EXERCISE INSTRUCTIONS ->
Search the data below for the word "DeskAsked" and copy each line that holds it.
*** DATA EXTRACT ***
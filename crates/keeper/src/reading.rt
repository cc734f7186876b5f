// What is read of a list of rows by its index.
ghost use Rattle.std.specs.Prelude.{◌≡◌, ◌++◌, IfSome, IfErr, OnOk, length, option_to_list, slice_get};
ghost use Rattle.std.specs.List.{All, filter_map};
ghost use Rattle.std.specs.Option.{option_copied};
ghost use Rattle.keeper.specs.declared.keeping.KeepRefusal.TheVariants.{NoMemory as RefusedNoMemory};
ghost use Rattle.keeper.specs.Rows.{row_at, rows_of, IsStorable};
ghost use Rattle.keeper.specs.Keeping.{Gives, Finds, FindAsked, ListsDesk, DeskAsked, ListsHolder, HolderAsked, IsAsked};
ghost use Rattle.keeper.specs.Index.{IsIndex};

use crate::index::Index;
use crate::{KeepRefusal, Row, Rows, Table};
use holder_reference::{Holder, Reference};
use std::alloc::Global;

// The row at a place.
fn row_in(rows: &[Row], at: usize) -> Option<&Row>
    ensures { option_copied result ≡ slice_get rows.now at }
{
    rows.get(at)
}

// The row of a key.
pub(crate) fn row_at<'a>(
    rows: &'a [Row],
    index: &Index,
    table: Table,
    desk: u32,
    reference: &Reference,
) -> Option<&'a Row>
    requires rows { All IsStorable rows.now }
    requires index { IsIndex index.now rows.now }
    ensures found { option_copied result ≡ row_at table desk reference.now rows.now }
    ensures asked { IfSome result (λ row. IsAsked table desk reference.now row.now) }
{
    match index.place(table, desk, reference) {
        Some(at) => row_in(rows, at),
        None => None,
    }
}

// How many rows a desk has in a table.
pub(crate) fn count_of(rows: &[Row], index: &Index, table: Table, desk: u32) -> usize
    requires { IsIndex index.now rows.now }
    ensures { result ≡ length (rows_of table desk rows.now) }
{
    index.at_desk(table, desk).len()
}

// A copy of the row of a key.
pub(crate) fn copy_at(
    alloc: Global,
    rows: &[Row],
    index: &Index,
    table: Table,
    desk: u32,
    reference: &Reference,
) -> Result<Option<Row>, KeepRefusal>
    requires rows { All IsStorable rows.now }
    requires index { IsIndex index.now rows.now }
    ensures found { Finds rows.now table desk reference.now result }
    ensures asked { FindAsked table desk reference.now result }
    ensures own { IfErr result (λ refusal. refusal ≡ RefusedNoMemory) }
{
    match row_at(rows, index, table, desk, reference) {
        Some(row) => Ok(Some(row.copy(alloc)?)),
        None => Ok(None),
    }
}

// Appends a copy of the row at a place.
fn push_row(found: &mut Rows, rows: &[Row], at: usize) -> Result<(), KeepRefusal>
    ensures pushed { OnOk result (found.new ≡ found.old ++ option_to_list (slice_get rows.now at)) }
    ensures own { IfErr result (λ refusal. refusal ≡ RefusedNoMemory) }
{
    match row_in(rows, at) {
        Some(row) => found.push(row),
        None => Ok(()),
    }
}

// Copies of the rows at these places.
fn copies(alloc: Global, rows: &[Row], places: &[usize]) -> Result<Rows, KeepRefusal>
    ensures given { Gives (filter_map (slice_get rows.now) places.now) result }
    ensures own { IfErr result (λ refusal. refusal ≡ RefusedNoMemory) }
{
    let mut found = Rows::new(alloc);
    for place in places {
        push_row(&mut found, rows, *place)?;
    }
    Ok(found)
}

// Copies of a desk's rows in a table.
pub(crate) fn copy_desk(
    alloc: Global,
    rows: &[Row],
    index: &Index,
    table: Table,
    desk: u32,
) -> Result<Rows, KeepRefusal>
    requires rows { All IsStorable rows.now }
    requires index { IsIndex index.now rows.now }
    ensures given { ListsDesk rows.now table desk result }
    ensures asked { DeskAsked table desk result }
    ensures own { IfErr result (λ refusal. refusal ≡ RefusedNoMemory) }
{
    copies(alloc, rows, index.at_desk(table, desk))
}

// Copies of those of a holder.
pub(crate) fn copy_holder(
    alloc: Global,
    rows: &[Row],
    index: &Index,
    table: Table,
    desk: u32,
    holder: &Holder,
) -> Result<Rows, KeepRefusal>
    requires rows { All IsStorable rows.now }
    requires index { IsIndex index.now rows.now }
    ensures given { ListsHolder rows.now table desk holder.now result }
    ensures asked { HolderAsked table desk holder.now result }
    ensures own { IfErr result (λ refusal. refusal ≡ RefusedNoMemory) }
{
    copies(alloc, rows, index.of_holder(table, desk, holder))
}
*** End of DATA EXTRACT ***
WRITTEN REPLY ->
ghost use Rattle.keeper.specs.Keeping.{Gives, Finds, FindAsked, ListsDesk, DeskAsked, ListsHolder, HolderAsked, IsAsked};
    ensures asked { DeskAsked table desk result }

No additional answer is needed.